Sex Differences in Social Behaviour in a Mouse Model of Aromatase Deficiency: An Autism Spectrum Disorder-Like Phenotype

2017-03-23T03:18:06Z (GMT) by Kristina Vacy
Deficits in social interaction, communication and repetitive behaviours are the core markers of the autism spectrum disorders (ASD), which are five times more likely to be diagnosed in boys than girls, reason unknown. Post-mortem studies showed that ASD brains expressed less brain aromatase, and 15% fewer neurons in the amygdala. Functional MRI showed a reduction in amygdala activity during social processing tasks and this same region expressed abundant levels of aromatase, the enzyme that catalyzes the conversion of androgens to oestrogens.
   
   Our lab demonstrated that mouse posterodorsal medial amygdala (PDMeA) contains high levels of aromatase, with males expressing more than females.

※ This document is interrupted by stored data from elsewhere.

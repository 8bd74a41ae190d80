// Halves that fail, and are replaced.
use crate::fixture::{
    FIRST_PAIRED, NONE, SECOND_PAIRED, WHOLE, half, left, paired, read, steps, whole, whole_left,
    wrote,
};
use line_image::Image;
use mirror_image::{Mirror, MirrorFault};
use std::alloc::Global;
use std::test::Fail;

// One half fails at one call, whichever it is. The mirror goes on with the other, and once a half of zeros stands in its place, it shows
// the same.
fn survives(alloc: Global, first: u64, second: u64) -> Result<bool, Fail> {
    let a = half(alloc, 4, first, NONE)?;
    let b = half(alloc, 4, second, NONE)?;
    let (a, b, made) = match Mirror::pair(a, b) {
        Ok(mut mirror) => {
            let made = steps(&mut mirror);
            let (a, b) = mirror.halves();
            (a, b, made)
        }
        Err((fault, a, b)) => (
            a,
            b,
            if fault == MirrorFault::ImageFailed {
                6
            } else {
                7
            },
        ),
    };
    let zeros = half(alloc, 4, NONE, NONE)?;
    let mut mirror = if first == NONE {
        paired(left(alloc, &a, 1)?, zeros)?
    } else {
        paired(zeros, left(alloc, &b, 1)?)?
    };
    let found = [
        read(&mut mirror, 0),
        read(&mut mirror, 1),
        read(&mut mirror, 2),
    ];
    if made == 6 {
        return Ok(found == [Some([0; 8]); 3]);
    }
    Ok(made == 5 && found == [Some([10; 8]), Some([21; 8]), Some([0; 8])])
}

#[test]
fn a_half_may_fail_at_any_call(rt: HostRuntime) -> Result<(), Fail> {
    for call in 1..20 {
        assert!(rt; survives(rt.alloc(), call, NONE)?, "the first at {call}");
        assert!(rt; survives(rt.alloc(), NONE, call)?, "the second at {call}");
    }
    Ok(())
}

/// Both fail at their second write after pairing.
fn both_fail(alloc: Global) -> Result<bool, Fail> {
    let a = half(alloc, 4, FIRST_PAIRED + 2, NONE)?;
    let b = half(alloc, 4, SECOND_PAIRED + 2, NONE)?;
    let Ok(mut mirror) = Mirror::pair(a, b) else {
        return Ok(false);
    };
    Ok(wrote(&mut mirror, 0, 1) && !wrote(&mut mirror, 0, 2) && mirror.fence().is_err())
}

/// The last line that a mirror of the whole size shows.
const LAST: u64 = WHOLE - 2;

/// Halves of an image's whole size, of which the first fails from its first write after pairing on: the mirror goes on with the
/// other. Paired again, with a half of zeros in place of the first, it shows the same.
fn whole_size(alloc: Global) -> Result<bool, Fail> {
    let Ok(mut mirror) = Mirror::pair(whole(alloc, WHOLE + 6)?, whole(alloc, NONE)?) else {
        return Ok(false);
    };
    let made = wrote(&mut mirror, 0, 1)
        && wrote(&mut mirror, LAST, 2)
        && mirror.fence().is_ok()
        && wrote(&mut mirror, LAST, 3);
    let shown = read(&mut mirror, LAST);
    let (_failed, b) = mirror.halves();
    let mut again = paired(whole(alloc, NONE)?, whole_left(alloc, &b)?)?;
    Ok(
        made && shown == Some([3; 8])
            && again.lines() == LAST + 1
            && read(&mut again, 0) == Some([1; 8])
            && read(&mut again, LAST) == Some([3; 8]),
    )
}

#[test]
fn a_mirror_of_the_whole_size(rt: HostRuntime) -> Result<(), Fail> {
    assert!(rt; whole_size(rt.alloc())?);
    Ok(())
}

/// Why halves of so many lines aren't paired.
fn fault(alloc: Global, first: u64, second: u64) -> Result<Option<MirrorFault>, Fail> {
    match Mirror::pair(
        half(alloc, first, NONE, NONE)?,
        half(alloc, second, NONE, NONE)?,
    ) {
        Ok(_) => Ok(None),
        Err((fault, _, _)) => Ok(Some(fault)),
    }
}

/// A mirror that is closed fails at each call.
fn closed(alloc: Global) -> Result<bool, Fail> {
    let mut mirror = Mirror::closed(half(alloc, 4, NONE, NONE)?, half(alloc, 3, NONE, NONE)?);
    let lines = mirror.lines();
    Ok(
        lines == 32_768
            && read(&mut mirror, 0).is_none()
            && !wrote(&mut mirror, 0, 1)
            && mirror.fence().is_err(),
    )
}

#[test]
fn pairing(rt: HostRuntime) -> Result<(), Fail> {
    let alloc = rt.alloc();
    assert!(rt; both_fail(alloc)?);
    assert!(rt; closed(alloc)?);
    assert!(rt; fault(alloc, 32_769, 32_768)? == Some(MirrorFault::Size));
    assert!(rt; fault(alloc, 1, 1)? == Some(MirrorFault::Size));
    assert!(rt; fault(alloc, 2, 2)?.is_none());
    Ok(())
}
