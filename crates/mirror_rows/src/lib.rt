//! Rows of a mirror on images in memory: how it is paired, halves that fail, and what stops leave.
#![tactic(auto)]

#[cfg(test)]
mod failing;
#[cfg(test)]
mod fixture;
#[cfg(test)]
mod stops;
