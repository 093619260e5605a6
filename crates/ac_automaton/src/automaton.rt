//! The definition of an automaton, and every search with one.
//!
//! An automaton reads a text byte by byte and is in one state after each. A state stands for the part of the text that may still
//! grow into a match, and stores the patterns that match there. The trait [`Automaton`] specifies its calls in those terms only;
//! how states and transitions are stored is left to the implementation. All searches are provided methods, proved once from the
//! trait's clauses and laws, so every automaton that meets them returns the same results.
//!
//! A caller who searches needs only `try_find` and its relatives; a function that searches by any automaton asks for
//! [`Search`](crate::search::Search). The methods on states are for those who write a search of their own: a state comes from
//! `start_state`, `next_state` or `advance` of the same automaton, and each step goes on from there.
//!
//! A search spends nearly all its time in `advance`, which reads on over the states that need nothing but the next byte. So an
//! automaton implements that method itself, as fast as its tables allow. The provided one looks up one byte after another, for an
//! automaton that has nothing better.
pub mod reference;

use crate::ahead::{Note, Noted};
use crate::error::{MatchError, ReplaceError, StreamError};
use crate::in_memory::iter::ahead::FindIterAhead;
use crate::in_memory::iter::{FindIter, WalkPlace};
use crate::in_memory::overlapping::{FindOverlappingIter, OverlappingState};
use crate::in_memory::{overlapping, replace};
use crate::search::Search;
use crate::stream::devices::watched::Watched;
use crate::stream::replace::replace_all_counted;
use crate::stream::replace_with::replace_all_with;
use crate::stream::sink::Sink;
use crate::stream::{self, StreamFindIter, StreamKinds};
use ac_input::primitives::{PatternID, StateID};
use ac_input::search::{Anchored, Input, Match, MatchKind};
use ac_input::steps::Steps;
use ac_literal::prefilter::Prefilter;
use std::alloc::{AllocError, Global};
use std::io::{Read, Write};
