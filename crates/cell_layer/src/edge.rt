//! The walk along an edge, part by part: what each part makes of the row, and the faults that are not met there.

pub(crate) mod before;
pub(crate) mod counting;
pub(crate) mod dividing;
pub(crate) mod each_part;
pub(crate) mod faults;
pub(crate) mod kept;
pub(crate) mod row_walk;
pub(crate) mod stores;
pub(crate) mod subscripts;
pub(crate) mod walking;
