//! The layer: its domain, its flow along the graph, what its nodes clear, and where runs begin.

pub(crate) mod cell_layer;
pub(crate) mod domain;
pub(crate) mod edges;
pub(crate) mod entry;
pub(crate) mod firsts;
pub(crate) mod flowing;
pub(crate) mod guesses;
pub(crate) mod heads;
pub(crate) mod nodes;
pub(crate) mod sharing;
pub(crate) mod statements;
pub(crate) mod works;
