fn set_clears(moment: &Moment, matrices: &Matrices, part: EdgePart) -> bool
    requires matrices { AreMatricesOf (program_at moment.now) matrices.now }
    requires sum { has_small_sum (bound_at (program_at moment.now).layout) (act_at moment.now) ≡ true }
    requires can { CanStep (program_at moment.now) (act_at moment.now) moment.now.action (seen_at moment.now) }
    requires sets { IsSetCount (plain_part part) }
    ensures { (wrote : List Extent) → IsWrittenTo (program_at moment.now).layout wrote moment.now.written
        (plain_part part.entry)
        → result ≡ set_cleared (program_at moment.now) (packs_in matrices.now) (act_at moment.now) moment.now.action
        (plain_part part.entry)
        (seen_at moment.now) (seen2 wrote (words_in matrices.now)) }
{
    let items = &moment.items;
    let moment = Moment {
        items: KnownItems {
            program: items.program,
            cells: items.cells,
            row: items.row,
        },
        act: moment.act,
        action: moment.action,
        kept: taken(moment),
        written: moment.written,
    };
    set_fits(&moment, matrices, part)
}

fn down_clears(moment: &Moment, matrices: &Matrices, number: u32) -> bool
    requires matrices { AreMatricesOf (program_at moment.now) matrices.now }
    ensures { (wrote : List Extent) → result ≡ down_cleared (program_at moment.now) (packs_in matrices.now) number
        (seen_at moment.now) (seen2 wrote (words_in matrices.now)) }
{
    let items = &moment.items;
    let units = lowered(count_units(items.program, items.cells, items.row, number));
    counter_fits(moment, matrices, EdgePart::CountDown(number), units)
}

fn index_is_shown(moment: &Moment, matrices: &Matrices, index: Indexed, fault: Kind) -> bool
    requires matrices { AreMatricesOf (program_at moment.now) matrices.now }
    requires small { is_small (bound_at (program_at moment.now).layout index.item) ≡ true }
    ensures { (wrote : List Extent) → result ≡ index_cleared (program_at moment.now) (packs_in matrices.now) index.item
        index.count (seen_at moment.now) (seen2 wrote (words_in matrices.now)) fault }
{
    match fault {
        Kind::Subscript => index_clears(&moment.items, matrices, index),
        Kind::Size | Kind::Zero | Kind::Class | Kind::Truncation => false,
    }
}

// whether the fault of a part is not met, where the first layer doesn't show it
fn is_shown(moment: &Moment, matrices: &Matrices, part: EdgePart, fault: Kind) -> bool
    requires matrices { AreMatricesOf (program_at moment.now) matrices.now }
    requires small { IsSmallPart (program_at moment.now) (act_at moment.now) moment.now.action (plain_part part) }
    requires of_edge { IsOfEdge (program_at moment.now) (act_at moment.now) moment.now.action (plain_part part) }
    requires can { CanStep (program_at moment.now) (act_at moment.now) moment.now.action (seen_at moment.now) }
    ensures { (wrote : List Extent) → IsWrittenTo (program_at moment.now).layout wrote moment.now.written
        (plain_part part.entry)
        → result ≡ part_cleared (program_at moment.now) (packs_in matrices.now) (act_at moment.now) moment.now.action
        (plain_part part.entry)
        (seen_at moment.now) (seen2 wrote (words_in matrices.now)) fault }
{
    match part {
        EdgePart::Divide(divisor) => match fault {
            Kind::Zero => is_apart_in_some(&moment.items, matrices.plans, matrices.words, divisor),
            Kind::Size | Kind::Class | Kind::Truncation | Kind::Subscript => false,
        },
        EdgePart::Index { item, count, .. } => {
            index_is_shown(moment, matrices, Indexed { item, count }, fault)
        }
        EdgePart::Store { item, mode, amount } => {
            store_clears(moment, matrices, item, mode, amount)
        }
        EdgePart::SetCount { .. } => match fault {
            Kind::Size => set_clears(moment, matrices, part),
            Kind::Zero | Kind::Class | Kind::Truncation | Kind::Subscript => false,
        },
        EdgePart::CountDown(number) => match fault {
            Kind::Size => down_clears(moment, matrices, number),
            Kind::Zero | Kind::Class | Kind::Truncation | Kind::Subscript => false,
        },
        EdgePart::Read(_)
        | EdgePart::Unread
        | EdgePart::Subscript { .. }
        | EdgePart::Bytes { .. }
        | EdgePart::Guard { .. }
        | EdgePart::ReadCount(_)
        | EdgePart::GuardCount { .. } => false,
    }
}

// whether the fault of a part is not met
fn clears(
    moment: &Moment,
    matrices: &Matrices,
    part: EdgePart,
    by_cells: Kinds,
    fault: Kind,
) -> bool
    requires matrices { AreMatricesOf (program_at moment.now) matrices.now }
    requires small { IsSmallPart (program_at moment.now) (act_at moment.now) moment.now.action (plain_part part) }
    requires of_edge { IsOfEdge (program_at moment.now) (act_at moment.now) moment.now.action (plain_part part) }
    requires can { CanStep (program_at moment.now) (act_at moment.now) moment.now.action (seen_at moment.now) }
    requires cells { by_cells ≡ kinds_of (clears_small (program_at moment.now) (act_at moment.now) moment.now.action
        (plain_part part) (seen_at moment.now)) }
    ensures { (wrote : List Extent) → moment.now.written ≡ are_written (program_at moment.now).layout wrote
        (edge_items (act_at moment.now) moment.now.action)
        → result ≡ clears_part2 (program_at moment.now) (packs_in matrices.now) (act_at moment.now) moment.now.action
        (plain_part part.entry)
        (seen_at moment.now) (seen2 wrote (words_in matrices.now)) fault }
{
    by_cells.has(fault) || is_shown(moment, matrices, part, fault)
}

// the kinds of faults of a part that aren't met, by those that what is known of cells clears
fn kinds_cleared(moment: &Moment, matrices: &Matrices, part: EdgePart, by_cells: Kinds) -> Kinds
    requires matrices { AreMatricesOf (program_at moment.now) matrices.now }
    requires small { IsSmallPart (program_at moment.now) (act_at moment.now) moment.now.action (plain_part part) }
    requires of_edge { IsOfEdge (program_at moment.now) (act_at moment.now) moment.now.action (plain_part part) }
    requires can { CanStep (program_at moment.now) (act_at moment.now) moment.now.action (seen_at moment.now) }
    requires cells { by_cells ≡ kinds_of (clears_small (program_at moment.now) (act_at moment.now) moment.now.action
        (plain_part part) (seen_at moment.now)) }
    ensures { (wrote : List Extent) → moment.now.written ≡ are_written (program_at moment.now).layout wrote
        (edge_items (act_at moment.now) moment.now.action)
        → result ≡ kinds_of (clears_part2 (program_at moment.now) (packs_in matrices.now) (act_at moment.now)
        moment.now.action (plain_part part.entry)
        (seen_at moment.now) (seen2 wrote (words_in matrices.now))) }
{
    Kinds {
        size: clears(moment, matrices, part, by_cells, Kind::Size),
        truncation: clears(moment, matrices, part, by_cells, Kind::Truncation),
        zero: clears(moment, matrices, part, by_cells, Kind::Zero),
        class: clears(moment, matrices, part, by_cells, Kind::Class),
        subscript: clears(moment, matrices, part, by_cells, Kind::Subscript),
    }
}

// the kinds of faults of a part of an edge that aren't met
fn cleared(edge: &PackEdge, part: &EdgePart, row: &[i128], state: PackState, out: &[i128]) -> Kinds
    requires row { IsRowOf (program_on edge.now) edge.now.cells.now row.now }
    requires small { IsSmallPart (program_on edge.now) (act_on edge.now) (action_on edge.now) (plain_part part.now) }
    requires of_edge { IsOfEdge (program_on edge.now) (act_on edge.now) (action_on edge.now) (plain_part part.now) }
    requires can { CanStep (program_on edge.now) (act_on edge.now) (action_on edge.now) (seen row.now state.kept) }
    requires matrices { IsRowFor edge.now.plans.now out.now }
    ensures { (wrote : List Extent) → Tells edge.now wrote state.written
        → result ≡ kinds_of (clears_part2 (program_on edge.now) (packs_on edge.now) (act_on edge.now)
        (action_on edge.now) (plain_part part.now)
        (seen row.now state.kept) (seen2 wrote (matrices_on edge.now out.now))) }
{
    let work = edge.work;
    let moment = Moment {
        items: KnownItems {
            program: work.program,
            cells: edge.cells,
            row,
        },
        act: &work.statement.act,
        action: work.action,
        kept: state.kept,
        written: state.written,
    };
    let matrices = Matrices {
        plans: edge.plans,
        words: out,
    };
    let by_cells = cleared_by_part(edge.cells, work, *part, row, &state.kept);
    kinds_cleared(&moment, &matrices, *part, by_cells)
}

// the kinds that all parts of an edge clear, where the matrices are closed
fn cleared_closed(edge: &PackEdge, row: &mut [i128], before: &mut [i128], out: &mut [i128]) -> Kinds
    requires row { IsRowOf (program_on edge.now) edge.now.cells.now row.old }
    requires fits { CellsFit (owns (program_on edge.now)) (cells_of row.old) }
    requires room { length before.old ≡ length row.old }
    requires matrices { IsClosedRow (program_on edge.now) (cells_of row.old) edge.now.plans.now out.old }
    ensures { result ≡ kinds_of (λ fault. closed_clears (program_on edge.now) (packs_on edge.now)
        (statement_on edge.now) (action_on edge.now)
        (cells_of row.old) fault (matrices_on edge.now out.old)) }
{
    let mut state = PackState {
        kept: Kept::new(),
        written: false,
    };
    let mut all = Kinds::all();
    let parts = edge.work.parts.as_slice();
    for part in parts {
        all = all.both(cleared(edge, part, row, state, out));
        if !step(edge, part, row, before, &mut state, out) {
            return all;
        }
    }
    all
}

/// The kinds of faults that both layers show no part of an edge to meet, beside room for a row. What it makes of the
/// words on the way isn't told.
pub fn packs_cleared(
    edge: &PackEdge,
    row: &mut [i128],
    before: &mut [i128],
    out: &mut [i128],
) -> Kinds
    requires row { IsRowOf (program_on edge.now) edge.now.cells.now row.old }
    requires fits { CellsFit (owns (program_on edge.now)) (cells_of row.old) }
    requires room { length before.old ≡ length row.old }
    requires matrices { IsRowFor edge.now.plans.now out.old }
    ensures { result ≡ kinds_of (statement_clears2 (program_on edge.now) (packs_on edge.now) (statement_on edge.now)
        (action_on edge.now)
        (cells_of row.old) (matrices_on edge.now out.old)) }
{
    if !close_all(edge.work.program, edge.cells, edge.plans, row, out) {
        return Kinds::all();
    }
    cleared_closed(edge, row, before, out)
}
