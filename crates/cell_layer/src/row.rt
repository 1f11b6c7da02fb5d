//! What a row of a program's cells tells, and how it is set, cut and forgotten by what its cells are of.

pub(crate) mod beside;
pub(crate) mod counters;
pub(crate) mod forgetting;
pub(crate) mod items;
pub(crate) mod knowing;
pub(crate) mod pictures;
pub(crate) mod reads;
pub(crate) mod scales;
pub(crate) mod subscripts;
pub(crate) mod sums;
pub(crate) mod taking;
pub(crate) mod tests_of;
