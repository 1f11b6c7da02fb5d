//! The first layer of the analysis: what is known of cells along the graph of a program (Cousot and Cousot 1977). Rows of
//! words flow along the graph's edges, stand for the storages that runs bring to its nodes, and show which faults are
//! not met there.
//!
//! Beneath it stands the walk along an edge, part by part, on the row of what is known: what each part makes of the row, in
//! place, and the faults that what is known shows not to be met there. The row is read, set and forgotten by what its
//! cells are of, and tells the ranges of items, of sums and of senders, and what a read, a test or a counter leaves of it.
#![tactic(auto)]

mod edge;
mod layer;
mod row;

pub use edge::faults::cleared_by_part;
pub use edge::kept::{Kept, with_operands};
pub use edge::walking::{parts, walk, walk_part};
pub use layer::cell_layer::CellLayer;
pub use layer::edges::cleared_by_edge;
pub use layer::entry::entry_row;
pub use layer::firsts::first;
pub use layer::flowing::{edge_with, is_marked};
pub use layer::heads::heads_of;
pub use layer::nodes::{edge_at, edges_before, leaves};
pub use layer::works::EdgeWorks;
pub use row::beside::marks_of_cells;
pub use row::counters::count_units;
pub use row::forgetting::bytes_from;
pub use row::items::{KnownItems, item_is_numeric, item_range};
pub use row::knowing::{known_of_count, known_of_item};
pub use row::pictures::{is_small_item, is_table};
pub use row::scales::Taken;
pub use row::taking::taken;
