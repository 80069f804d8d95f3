//! Results that are given up, so that those that are kept take no more memory than they may.

ghost use Rattle.std.specs.Prelude.{◌≡◌, IfSome, map};
ghost use Rattle.definitions_answers.specs.Parameters.{outer_values};
ghost use Rattle.sqlvalue.specs.Owned.{owned_value};
ghost use Rattle.subqueries.specs.Keeping.{AreLeftOut};
ghost use Rattle.subqueries.specs.OuterColumns.{outer_columns_of};

use crate::kept_results::{KeptResults, key_in};
use crate::parameters::OuterColumn;
use filters::OuterRows;
use sqlvalue::OwnedValue;
use std::alloc::Global;

/// How many bytes the results that are kept for a query take together at most, beside the latest of each block (own).
const MOST_BYTES: u64 = 64 << 20;

/// The values that the parameters have in the rows around, to keep a result by. Where memory for them is refused all results but the
/// latest of each block are given up, and it is asked for again; where it is refused once more there are none.
pub fn key_of<A: OuterRows>(
    alloc: Global,
    parameters: &[OuterColumn],
    around: &A,
    results: &mut [KeptResults],
) -> Option<Vec<OwnedValue>>
    ensures key { IfSome result (λ key. map owned_value key.items
        ≡ outer_values (A.combinations around.now) (outer_columns_of parameters.now)) }
    ensures results { AreLeftOut results.old results.new }
{
    if let Ok(key) = key_in(alloc, parameters, around) {
        return Some(key);
    }
    forget_all(results);
    key_in(alloc, parameters, around).ok()
}

/// Gives up all results but the latest of each block where they take more memory than they may.
pub fn bound_memory(results: &mut [KeptResults])
    ensures { AreLeftOut results.old results.new }
{
    if bytes_of_all(results) > MOST_BYTES {
        forget_all(results);
    }
}

/// About how many bytes all kept results take.
fn bytes_of_all(results: &[KeptResults]) -> u64 {
    let mut bytes: u64 = 0;
    for own in results {
        bytes = bytes.saturating_add(own.bytes());
    }
    bytes
}

/// Gives up all results but the latest of each block.
fn forget_all(results: &mut [KeptResults])
    ensures { AreLeftOut results.old results.new }
{
    'blocks: for number in 0..results.len() {
        results[number].forget();
    }
}
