//! The blocks around a block.

ghost use Rattle.std.specs.Prelude.{◌≡◌, ◌∷◌, [], List, OnErr, OnOk, get_or};
ghost use Rattle.definitions.specs.Queries.Evaluation.{Combination};
ghost use Rattle.subqueries.specs.Framed.{combination_in, combinations_in};

use filters::{BlockSource, Composite, OuterRows};
use query_tree::BlockColumn;
use smallvec::SmallVec;
use sqlvalue::Value;
use std::alloc::{AllocError, Global};

/// The tables of most blocks: a combination of so many rows takes no memory beside its frame.
const FEW_TABLES: usize = 4;

/// A block that is evaluated, and the combination of its rows that is at hand, by their numbers.
#[derive(Drop)]
struct Frame<'s> {
    source: &'s BlockSource<'s>,
    combination: SmallVec<u32, FEW_TABLES>,
}

/// Is told of the work on a query, for people who wait for it. Nothing is promised of it (own).
pub trait WorkWatch {
    /// A step more is done: some rows of a table are looked at, say.
    fn note_work(&self);
}

/// The blocks around a block, the outermost first, with a composite of rows of each (own; the candidate tuples of the blocks of
/// higher level in Selinger et al. 1979, section 6), and who is told of the work in them.
#[derive(Drop)]
pub struct Frames<'s, W: WorkWatch> {
    frames: Vec<Frame<'s>>,
    watch: W,
}

impl<'s, W: WorkWatch> OuterRows for Frames<'s, W> {
    ghost use Rattle.subqueries.specs.Framed.{combinations_in};

    ghost combinations = { combinations_in };

    fn cell(&self, between: usize, column: BlockColumn) -> Value<'_> {
        let count = self.frames.len();
        if between >= count {
            return Value::Null;
        }
        let frame = &self.frames[count - 1 - between];
        let row = row_number(frame.combination.as_slice(), column.table);
        frame.source.cell(column, row)
    }

    fn note_work(&self) {
        self.watch.note_work();
    }
}

impl<'s, W: WorkWatch> Frames<'s, W> {
    /// There is no block around.
    pub fn new(alloc: Global, watch: W) -> Frames<'s, W>
        ensures { combinations_in result ≡ [] }
    {
        Frames {
            frames: Vec::new(alloc),
            watch,
        }
    }

    /// Who is told of the work in them.
    pub fn watch(&self) -> &W {
        &self.watch
    }

    /// Goes into a block, at a composite of its rows.
    pub fn enter(
        &mut self,
        alloc: Global,
        source: &'s BlockSource<'s>,
        composite: &Composite,
    ) -> Result<(), AllocError>
        ensures entered { OnOk result (combinations_in self.new
            ≡ combination_in source.now composite.now ∷ combinations_in self.old) }
        ensures unchanged { OnErr result (combinations_in self.new ≡ combinations_in self.old) }
    {
        let rows = composite.numbers(source.table_count());
        let combination = SmallVec::from_slice(alloc, rows)?;
        self.frames.push(Frame {
            source,
            combination,
        })?;
        Ok(())
    }

    /// Leaves the block that was gone into last.
    pub fn leave(&mut self)
        ensures { (first : Combination) (others : List Combination) → combinations_in self.old ≡ first ∷ others →
            combinations_in self.new ≡ others }
    {
        let _frame = self.frames.pop();
    }
}

/// The number of a table's row in a composite.
fn row_number(rows: &[u32], table: usize) -> usize
    ensures { result ≡ get_or rows.now table 0 }
{
    match rows.get(table) {
        Some(row) => *row as usize,
        None => 0,
    }
}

We hypothesized that male, but not female aromatase knockout (ArKO) mouse, will exhibit behaviours consistent with a mouse model of ASD and that administration of carbetocin (an analogue of oxytocin) will rescue the social interaction deficit in the male ArKO.
   
   Our aim was to analyse the social interaction behavior of the oestrogen-deficient (ArKO) model and test whether carbetocin administration could reverse any social interaction deficit.
 
   The three chamber social interaction task was used to examine social approach in three week-old male and female ArKO and Wildtype mice littermates (WT). The effects of carbetocin treatment (2mg/kg and 20mg/kg i.p.) on social behaviour was investigated in both juvenile and adult male mice using this task. We found that male, but not female ArKO mice spent less time interacting with sex and aged matched unfamiliar mice (a “ stranger”) compared with WT of the same sex (n=6-10/group, p<0.05) during the social approach trial. In a later experiment, we injected six month-old male ArKO and WT intraperitoneally with 2mg/kg or 20mg/kg carbetocin but neither dose increased social approach. We also recorded and analysed the ultrasonic vocalizations (USV) made by male and female ArKO pups and WT littermates at post-natal day 9 during a 5 min separation from the litter. Male but not female ArKO pups made fewer and shorter USV (n=7-15/group, p<0.05).
   
   As seizure disorders are more common in ASD, we tested seizure susceptibility in 40-60 day old male ArKO and WT mice by subcutaneously administering 80mg/kg of the pro-convulsant drug pentylenetetrazol (PTZ). We then recorded time taken to reach the clonic and hind leg extension stages of the resulting seizure and found a trend for the ArKO to reach the hind leg extension stage more quickly compared to WT.
   
   To measure neural activation of the PDMeA during social interaction, we exposed 3 week-old male and female transgenic mice with a Enhanced Fluorescent Green Protein reporter linked to the aromatase to a stranger or a novel object. Their brains were harvested for immunohistochemical analysis two hours after testing, and were co-labeled with c-fos, a marker for neural activation, and GFP. We found greater c-fos immunoreactivity in mice exposed to the stranger compared with object, thus we also exposed 3 week-oldmale ArKO to a stranger. Stereology analysis revealed significantly more c-fos immunoreactivity in the ArKO compared with WT (N=4-5/group, p<0.05).
 
   Our results revealed behavioural sex differences between genotypes, with male (but not female) ArKO mice showing a behavioural phenotype consistent with ASD. These inferred that aromatase may play a role in regulating ASD-like behaviour in a sex specific manner. However the addition of the oxytocin analogue carbetocin did not rescue the social interaction deficit of the male ArKO.